In 1970 Miyakawa produced a 70 page preliminary report on Issei on the East Coast and Japan/US trade in the late 19th century, entitled, “Early New York Issei Founders of Japanese-American Trade.” Meanwhile he teamed up with historian Hilary Conroy of University of Pennsylvania to co-edit a pioneering anthology, East Across the Pacific: Historical and Sociological Studies of Japanese Immigration and Assimilation, which was published in 1972. Miyakawa included in the volume a scaled-down version of his manuscript on early New York Issei traders. He identified the rise of these traders, which he associated with Japanese values. Parallel to the Protestant ethic (most famously described by Max Weber) that drove Western capitalists, he suggested, these values promoted expansion of Japan’s commerce on an international level. His work was later carried on by his assistant Yasuo Sakata.

In 1972, at age 65, Miyakawa retired from Boston University, and started work as a visiting professor of Sociology at the fledgling satellite campus University of Massachusetts-Boston. After three years as a temporary professor, in 1975 he was named a full-time professor, and appointed chair of the department. During his time at U Mass-Boston, he helped found an Asian Studies program.

In 1976, Miyakawa left U Mass and was named emeritus professor at Boston University. Sometime after, he grew ill. He was guarded about his condition (variously identified as cancer or leukemia) and his passing in August 1981 came as a surprise to many friends and colleagues. Following Miyakawa’s death, his papers were donated to the Young Research Library at UCLA. The Department of Sociology at the University of Massachusetts, Boston created in his honor a T. Scott Miyakawa Memorial Prize in Sociology for graduating majors.
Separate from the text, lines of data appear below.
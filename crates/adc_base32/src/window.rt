ghost use Rattle.std.specs.Prelude.{◌≡◌, ℕ, ◌+◌, ◌<◌, ◌≤◌, length, List, slice_index_or, false, IfSome, IfNone, ◌||◌, nat_eq};
ghost use Rattle.std.specs.Bool.{Decides};
ghost use Rattle.std.specs.List.{Contains};
ghost use Rattle.adc_base32.specs.Sids.{sid_count};
ghost use Rattle.adc_base32.specs.Turns.{following, IsFirstFree, IsNextFree};

use crate::Sid;

/// The count of numbers that are looked at together. It is above the number of connections of any hub in use,
/// so that one pass over the taken numbers nearly always answers; and it divides 1,048,575.
pub(crate) const WINDOW: u32 = 1_025;

/// The count of windows.
pub(crate) const WINDOWS: u32 = 1_023;

/// Finds the first free number of a window of those that follow `last`; `base` are passed over before it.
pub(crate) fn first_free(last: u32, base: u32, taken: &[Sid]) -> Option<u32>
    requires last_in { last < sid_count }
    requires base_in { base + 1_025 ≤ 1_048_575 }
    ensures found { IfSome result (λ n. IsFirstFree last base taken.now n) }
    ensures full { IfNone result ((j : ℕ) → j < 1_025 → Contains taken.now (following last (base + j))) }
{
    let held = held_in(last, base, taken);
    for step in 0..WINDOW {
        if !held[step as usize] {
            return Some((last + (base + step)) % 1_048_575 + 1);
        }
    }
    None
}

/// Marks the numbers of a window that are taken.
fn held_in(last: u32, base: u32, taken: &[Sid]) -> [bool; 1_025]
    requires last_in { last < sid_count }
    requires base_in { base + 1_025 ≤ 1_048_575 }
    ensures { (k : ℕ) → k < 1_025 → Decides (slice_index_or result k false) (Contains taken.now (following last (base + k))) }
{
    let mut held = [false; 1_025];
    for sid in taken {
        mark(&mut held, last, base, sid.number());
    }
    held
}

/// Marks the number, where it is in the window.
fn mark(held: &mut [bool], last: u32, base: u32, number: u32)
    requires window { length held.old ≡ 1_025 }
    requires last_in { last < sid_count }
    requires base_in { base + 1_025 ≤ 1_048_575 }
    requires number_in { number < sid_count }
    ensures { (k : ℕ) → k < 1_025 → slice_index_or held.new k false ≡ (slice_index_or held.old k false || nat_eq number (following last (base + k))) }
{
    if number == 0 {
        return;
    }
    let passed = (number + 1_048_574 - last) % 1_048_575;
    if passed < base || passed >= base + WINDOW {
        return;
    }
    held[(passed - base) as usize] = true;
}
T. Scott Miyakawa’s career and legacy are touched with irony. In spite of his elite education as an engineer, he was forced by anti-Nisei discrimination to enter the fields of U.S.-Japan trade and statistics. Once U.S.-Japan trade was eclipsed by World War II, Miyakawa faced unemployment because of his past involvement with Japanese companies and his defense of Tokyo’s international policy. He then turned to studying the sociology of religion, which eventually became the theme of his doctoral thesis. However, by the time he issued his major publication in the area, he was nearing 60 years old and had already returned to the study of U.S.-Japan trade. He spent three years organizing a major scholarly research initiative in Japanese-American history, but his own interest in the study of New York’s Japanese communities set him apart from the mass of West Coast-centric scholars.

 

© 2018 Greg Robinson

activism generations historians Japanese American Citizens League Japanese Americans Nisei social action sociologists T. Scott Miyakawa
About the Author

Greg Robinson, a native New Yorker, is Professor of History at l'Université du Québec À Montréal, a French-language institution in Montreal, Canada. He is the author of the books By Order of the President: FDR and the Internment of Japanese Americans (Harvard University Press, 2001), A Tragedy of Democracy; Japanese Confinement in North America (Columbia University Press, 2009), After Camp: Portraits in Postwar Japanese Life and Politics (University of California Press, 2012), Pacific Citizens: Larry and Guyo Tajiri and Japanese American Journalism in the World War II Era (University of Illinois Press, 2012), and The Great Unknown: Japanese American Sketches (University Press of Colorado, 2016), as well as coeditor of the anthology Miné Okubo: Following Her Own Road (University of Washington Press, 2008). Robinson is also coeditor of the volume John Okada - The Life & Rediscovered Work of the Author of No-No Boy (University of Washington Press, 2018).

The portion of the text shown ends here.